ASSIGNMENT
Report each line of the records below that uses the word "return".

RECORDS SUPPLIED

//! Readers of the image control statements SYNC, FORM TEAM, EVENT, LOCK and UNLOCK (ISO/IEC 1539-1:2018, 11.6), and of
//! CALL (15.5.1).

ghost use Rattle.std.specs.Prelude.{codes};
ghost use Rattle.expr_reader.specs.Results.{Gives};
ghost use Rattle.expr_reader.specs.Words.{tokens_of};
ghost use Rattle.fortran_tree.specs.ActionViews as forms;
ghost use Rattle.fortran_tree.specs.Expressions as expressions;
ghost use Rattle.fortran_tree.specs.Statements as tree;
ghost use Rattle.fortran_tree.specs.declared.name.Name.{Name};
ghost use Rattle.keyword_reader.specs.Families as families;
ghost use Rattle.keyword_reader.specs.Views as views;
ghost use Rattle.statement_reader.specs.Actions as actions;
ghost use Rattle.statement_reader.specs.Families.{rounded};
ghost use Rattle.statement_reader.specs.Keywords.{after, an_event, a_sync, made};

use action_reader::designator::{AnObject, called};
use action_reader::key::{begins_with_key, key};
use action_reader::reads::{Reads, in_round};
use action_reader::specifier::{ATeam, further_specifiers, maybe_specifiers};
use expr_reader::error::ReadError;
use expr_reader::expr::expression;
use expr_reader::one::{begins_with, name, sign};
use expr_reader::word::Word;
use fortran_tokens::token::Sign;
use fortran_tree::action::{ActionForm, ImageSet};
use fortran_tree::expr::{Expr, Specifier};
use fortran_tree::name::Name;
use std::alloc::Global;

/// CALL (R1521).
#[tactic(auto, using(crate::proofs::Keyed::keyed_laws))]
pub(crate) fn call<'a>(
    alloc: Global,
    words: &'a [Word],
    left: u32,
) -> Result<(ActionForm, &'a [Word]), ReadError>
    ensures { Gives (λ r. (forms.action_statement r.0, tokens_of r.1.now)) result (after (codes "call") (made (actions.of_two tree.call) actions.a_call) left (tokens_of words.now)) }
{
    let rest = key(words, b"call")?;
    let ((subroutine, arguments), rest) = called(alloc, rest, left)?;
    Ok((
        ActionForm::Call {
            subroutine,
            arguments,
        },
        rest,
    ))
}

/// LOCK (R1179).
#[tactic(auto, using(crate::proofs::Keyed::keyed_laws))]
pub(crate) fn lock<'a>(
    alloc: Global,
    words: &'a [Word],
    left: u32,
) -> Result<(ActionForm, &'a [Word]), ReadError>
    ensures { Gives (λ r. (forms.action_statement r.0, tokens_of r.1.now)) result (after (codes "lock") (made (actions.of_two tree.lock) (rounded actions.an_object)) left (tokens_of words.now)) }
{
    let rest = key(words, b"lock")?;
    let ((variable, specifiers), rest) = in_round::<AnObject>(alloc, rest, left)?;
    Ok((
        ActionForm::Lock {
            variable,
            specifiers,
        },
        rest,
    ))
}

/// UNLOCK (R1181).
#[tactic(auto, using(crate::proofs::Keyed::keyed_laws))]
pub(crate) fn unlock<'a>(
    alloc: Global,
    words: &'a [Word],
    left: u32,
) -> Result<(ActionForm, &'a [Word]), ReadError>
    ensures { Gives (λ r. (forms.action_statement r.0, tokens_of r.1.now)) result (after (codes "unlock") (made (actions.of_two tree.unlock) (rounded actions.an_object)) left (tokens_of words.now)) }
{
    let rest = key(words, b"unlock")?;
    let ((variable, specifiers), rest) = in_round::<AnObject>(alloc, rest, left)?;
    Ok((
        ActionForm::Unlock {
            variable,
            specifiers,
        },
        rest,
    ))
}

/// POST and what stands behind it.
#[tactic(auto, using(crate::proofs::Keyed::keyed_laws))]
fn post<'a>(
    alloc: Global,
    words: &'a [Word],
    left: u32,
) -> Result<(ActionForm, &'a [Word]), ReadError>
    ensures { Gives (λ r. (forms.action_statement r.0, tokens_of r.1.now)) result (after (codes "post") (made (actions.of_two tree.event_post) (rounded actions.an_object)) left (tokens_of words.now)) }
{
    let rest = key(words, b"post")?;
    let ((variable, specifiers), rest) = in_round::<AnObject>(alloc, rest, left)?;
    Ok((
        ActionForm::EventPost {
            variable,
            specifiers,
        },
        rest,
    ))
}

/// WAIT and what stands behind it.
#[tactic(auto, using(crate::proofs::Keyed::keyed_laws))]
fn wait<'a>(
    alloc: Global,
    words: &'a [Word],
    left: u32,
) -> Result<(ActionForm, &'a [Word]), ReadError>
    ensures { Gives (λ r. (forms.action_statement r.0, tokens_of r.1.now)) result (after (codes "wait") (made (actions.of_two tree.event_wait) (rounded actions.an_object)) left (tokens_of words.now)) }
{
    let rest = key(words, b"wait")?;
    let ((variable, specifiers), rest) = in_round::<AnObject>(alloc, rest, left)?;
    Ok((
        ActionForm::EventWait {
            variable,
            specifiers,
        },
        rest,
    ))
}

/// EVENT POST (R1170) or EVENT WAIT (R1172).
#[tactic(auto, using(crate::proofs::Keyed::keyed_laws))]
pub(crate) fn event<'a>(
    alloc: Global,
    words: &'a [Word],
    left: u32,
) -> Result<(ActionForm, &'a [Word]), ReadError>
    ensures { Gives (λ r. (forms.action_statement r.0, tokens_of r.1.now)) result (after (codes "event") an_event left (tokens_of words.now)) }
{
    let rest = key(words, b"event")?;
    if begins_with_key(rest, b"post") {
        return post(alloc, rest, left);
    }
    wait(alloc, rest, left)
}

/// ALL and what stands behind it.
#[tactic(auto, using(crate::proofs::Keyed::keyed_laws))]
fn all<'a>(
    alloc: Global,
    words: &'a [Word],
    left: u32,
) -> Result<(ActionForm, &'a [Word]), ReadError>
    ensures { Gives (λ r. (forms.action_statement r.0, tokens_of r.1.now)) result (after (codes "all") (made tree.sync_all actions.maybe_specifiers) left (tokens_of words.now)) }
{
    let rest = key(words, b"all")?;
    let (specifiers, rest) = maybe_specifiers(alloc, rest, left)?;
    Ok((ActionForm::SyncAll { specifiers }, rest))
}

/// MEMORY and what stands behind it.
#[tactic(auto, using(crate::proofs::Keyed::keyed_laws))]
fn memory<'a>(
    alloc: Global,
    words: &'a [Word],
    left: u32,
) -> Result<(ActionForm, &'a [Word]), ReadError>
    ensures { Gives (λ r. (forms.action_statement r.0, tokens_of r.1.now)) result (after (codes "memory") (made tree.sync_memory actions.maybe_specifiers) left (tokens_of words.now)) }
{
    let rest = key(words, b"memory")?;
    let (specifiers, rest) = maybe_specifiers(alloc, rest, left)?;
    Ok((ActionForm::SyncMemory { specifiers }, rest))
}

/// The images of SYNC IMAGES (R1167).
#[tactic(auto, using(crate::proofs::Keyed::keyed_laws))]
fn image_set<'a>(
    alloc: Global,
    words: &'a [Word],
    left: u32,
) -> Result<(ImageSet, &'a [Word]), ReadError>
    ensures { Gives (λ r. (forms.image_set r.0, tokens_of r.1.now)) result (actions.an_image_set left (tokens_of words.now)) }
{
    if begins_with(words, Sign::Star) {
        let (_, rest) = sign(words, Sign::Star)?;
        return Ok((ImageSet::All, rest));
    }
    let (images, rest) = expression(alloc, words, left)?;
    Ok((ImageSet::Images(images), rest))
}

/// Images and specifiers behind them.
pub struct SomeImages;

impl Reads for SomeImages {
    type Tree = (ImageSet, Vec<Specifier>);

    ghost Seen = { tree.ImageSet × expressions.Specifiers };

    ghost look = { views.images_of };

    ghost reader = { actions.some_images };

    #[tactic(auto, using(crate::proofs::Keyed::keyed_laws))]
    fn read<'a>(
        alloc: Global,
        words: &'a [Word],
        left: u32,
    ) -> Result<((ImageSet, Vec<Specifier>), &'a [Word]), ReadError> {
        let (images, rest) = image_set(alloc, words, left)?;
        match further_specifiers(alloc, rest, left) {
            Ok((specifiers, rest)) => Ok(((images, specifiers), rest)),
            Err(e) => {
                drop(images);
                Err(e)
            }
        }
    }
}

/// IMAGES and what stands behind it.
#[tactic(auto, using(crate::proofs::Keyed::keyed_laws))]
fn images<'a>(
    alloc: Global,
    words: &'a [Word],
    left: u32,
) -> Result<(ActionForm, &'a [Word]), ReadError>
    ensures { Gives (λ r. (forms.action_statement r.0, tokens_of r.1.now)) result (after (codes "images") (made (actions.of_two tree.sync_images) (rounded actions.some_images)) left (tokens_of words.now)) }
{
    let rest = key(words, b"images")?;
    let ((images, specifiers), rest) = in_round::<SomeImages>(alloc, rest, left)?;
    Ok((ActionForm::SyncImages { images, specifiers }, rest))
}

/// TEAM and what stands behind it in SYNC TEAM.
#[tactic(auto, using(crate::proofs::Keyed::keyed_laws))]
fn team<'a>(
    alloc: Global,
    words: &'a [Word],
    left: u32,
) -> Result<(ActionForm, &'a [Word]), ReadError>
    ensures { Gives (λ r. (forms.action_statement r.0, tokens_of r.1.now)) result (after (codes "team") (made (actions.of_two tree.sync_team) (rounded actions.a_team)) left (tokens_of words.now)) }
{
    let rest = key(words, b"team")?;
    let ((team, specifiers), rest) = in_round::<ATeam>(alloc, rest, left)?;
    Ok((ActionForm::SyncTeam { team, specifiers }, rest))
}

/// SYNC ALL (R1164), SYNC MEMORY (R1168), SYNC IMAGES (R1166) or SYNC TEAM (R1169).
#[tactic(auto, using(crate::proofs::Keyed::keyed_laws))]
pub(crate) fn sync<'a>(
    alloc: Global,
    words: &'a [Word],
    left: u32,
) -> Result<(ActionForm, &'a [Word]), ReadError>
    ensures { Gives (λ r. (forms.action_statement r.0, tokens_of r.1.now)) result (after (codes "sync") a_sync left (tokens_of words.now)) }
{
    let rest = key(words, b"sync")?;
    if begins_with_key(rest, b"all") {
        return all(alloc, rest, left);
    }
    if begins_with_key(rest, b"memory") {
        return memory(alloc, rest, left);
    }
    if begins_with_key(rest, b"images") {
        return images(alloc, rest, left);
    }
    team(alloc, rest, left)
}

/// A comma and the variable of a new team, and specifiers behind it.
#[tactic(auto, using(crate::proofs::Keyed::keyed_laws))]
fn team_variable<'a>(
    alloc: Global,
    words: &'a [Word],
    left: u32,
) -> Result<((Name, Vec<Specifier>), &'a [Word]), ReadError>
    ensures { Gives (λ r. (views.named_of r.0, tokens_of r.1.now)) result (families.team_variable left (tokens_of words.now)) }
{
    let (_, rest) = sign(words, Sign::Comma)?;
    let (team, rest) = name(rest)?;
    match further_specifiers(alloc, rest, left) {
        Ok((specifiers, rest)) => Ok(((team, specifiers), rest)),
        Err(e) => {
            drop(team);
            Err(e)
        }
    }
}

/// What stands in the brackets of FORM TEAM: the number, the variable and specifiers.
pub struct ANewTeam;

impl Reads for ANewTeam {
    type Tree = (Expr, (Name, Vec<Specifier>));

    ghost Seen = { expressions.Expression × (Name × expressions.Specifiers) };

    ghost look = { views.new_team_of };

    ghost reader = { actions.a_new_team };

    #[tactic(auto, using(crate::proofs::Keyed::keyed_laws))]
    fn read<'a>(
        alloc: Global,
        words: &'a [Word],
        left: u32,
    ) -> Result<((Expr, (Name, Vec<Specifier>)), &'a [Word]), ReadError> {
        let (number, rest) = expression(alloc, words, left)?;
        match team_variable(alloc, rest, left) {
            Ok((team, rest)) => Ok(((number, team), rest)),
            Err(e) => {
                drop(number);
                Err(e)
            }
        }
    }
}

/// FORM TEAM (R1175).
#[tactic(auto, using(crate::proofs::Keyed::keyed_laws))]
pub(crate) fn form_team<'a>(
    alloc: Global,
    words: &'a [Word],
    left: u32,
) -> Result<(ActionForm, &'a [Word]), ReadError>
    ensures { Gives (λ r. (forms.action_statement r.0, tokens_of r.1.now)) result (after (codes "form") (after (codes "team") (made (actions.of_three tree.form_team) (rounded actions.a_new_team))) left (tokens_of words.now)) }
{
    let rest = key(words, b"form")?;
    let rest = key(rest, b"team")?;
    let ((number, (team, specifiers)), rest) = in_round::<ANewTeam>(alloc, rest, left)?;
    Ok((
        ActionForm::FormTeam {
            number,
            team,
            specifiers,
        },
        rest,
    ))
}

SOLUTION TO THE EXERCISE
        return post(alloc, rest, left);
        return Ok((ImageSet::All, rest));
        return all(alloc, rest, left);
        return memory(alloc, rest, left);
        return images(alloc, rest, left);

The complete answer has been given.